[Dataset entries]

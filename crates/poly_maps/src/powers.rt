//! Powers of a point's entries, computed once for all terms of a polynomial.

ghost use Rattle.std.specs.Prelude.{◌≡◌, ℕ, ◌%◌, ◌^◌, ◌<◌, List, slice_index};
ghost use Rattle.prime_field.specs.Modulus.{value_of};
ghost use Rattle.poly_maps.specs.Mono.{mono_value};
ghost use Rattle.poly_maps.specs.Powers.{ArePowers, AreTables};

use crate::{Mono, Point};
use prime_field::Modulus;

/// How many powers of an entry are kept.
const KEPT: usize = 65;

/// The powers of a point's entries. Those up to an exponent that is at most 64 are kept, and higher ones computed anew.
#[derive(Drop)]
pub(crate) struct Powers {
    modulus: Modulus,
    bases: [u64; 8],
    top: usize,
    tables: [[u64; KEPT]; 8],
    ghost filled: { AreTables (value_of modulus) bases top tables },
}

impl Powers {
    /// The powers of the point's entries, those up to the exponent `greatest` kept where it is at most 64.
    pub(crate) fn of(m: Modulus, point: &Point, greatest: u32) -> Powers
        ensures modulus { result.modulus ≡ m }
        ensures values { (e : List ℕ) → mono_value e result.bases ≡ mono_value e point.now }
    {
        let entries = point.entries();
        let mut bases = [0; 8];
        bases[..entries.len()].copy_from_slice(entries);
        let top = if greatest < 64 { greatest as usize } else { 64 };
        let mut tables = [[0; KEPT]; 8];
        for i in 0..8 {
            tables[i] = table_of(m, bases[i], top);
        }
        Powers {
            modulus: m,
            bases,
            top,
            tables,
        }
    }

    /// The power `k` of the entry `i`, counted from 0.
    fn power(&self, i: usize, k: u16) -> u64
        requires { i < 8 }
        ensures power { result ≡ (slice_index self.now.bases i ^ k) % value_of self.now.modulus }
        ensures residue { result < value_of self.now.modulus }
    {
        if k as usize <= self.top {
            self.tables[i][k as usize]
        } else {
            self.modulus.pow(self.bases[i], k as u32)
        }
    }

    /// The value of a monomial at the point.
    pub(crate) fn value(&self, mono: &Mono) -> u64
        ensures value { result ≡ mono_value mono.now self.now.bases % value_of self.now.modulus }
        ensures residue { result < value_of self.now.modulus }
    {
        let exponents = mono.exponents();
        let mut product = 1;
        for i in 0..8 {
            if exponents[i] > 0 {
                product = self.modulus.mul(product, self.power(i, exponents[i]));
            }
        }
        product
    }
}

/// The powers of the base up to the exponent `top`, at the places of their exponents.
fn table_of(m: Modulus, base: u64, top: usize) -> [u64; KEPT]
    requires room { top < 65 }
    requires residue { base < value_of m }
    ensures { ArePowers (value_of m) base top result }
{
    let mut table = [0; KEPT];
    let mut power = 1;
    for k in 0..top + 1 {
        table[k] = power;
        power = m.mul(power, base);
    }
    table
}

- _WORK REQUEST_
Final part of the records: return the line that contains "let mut power = 1;" and every line after it, exactly, with no other lines added.

- _WRITTEN ANSWER_
    let mut power = 1;
    for k in 0..top + 1 {
        table[k] = power;
        power = m.mul(power, base);
    }
    table
}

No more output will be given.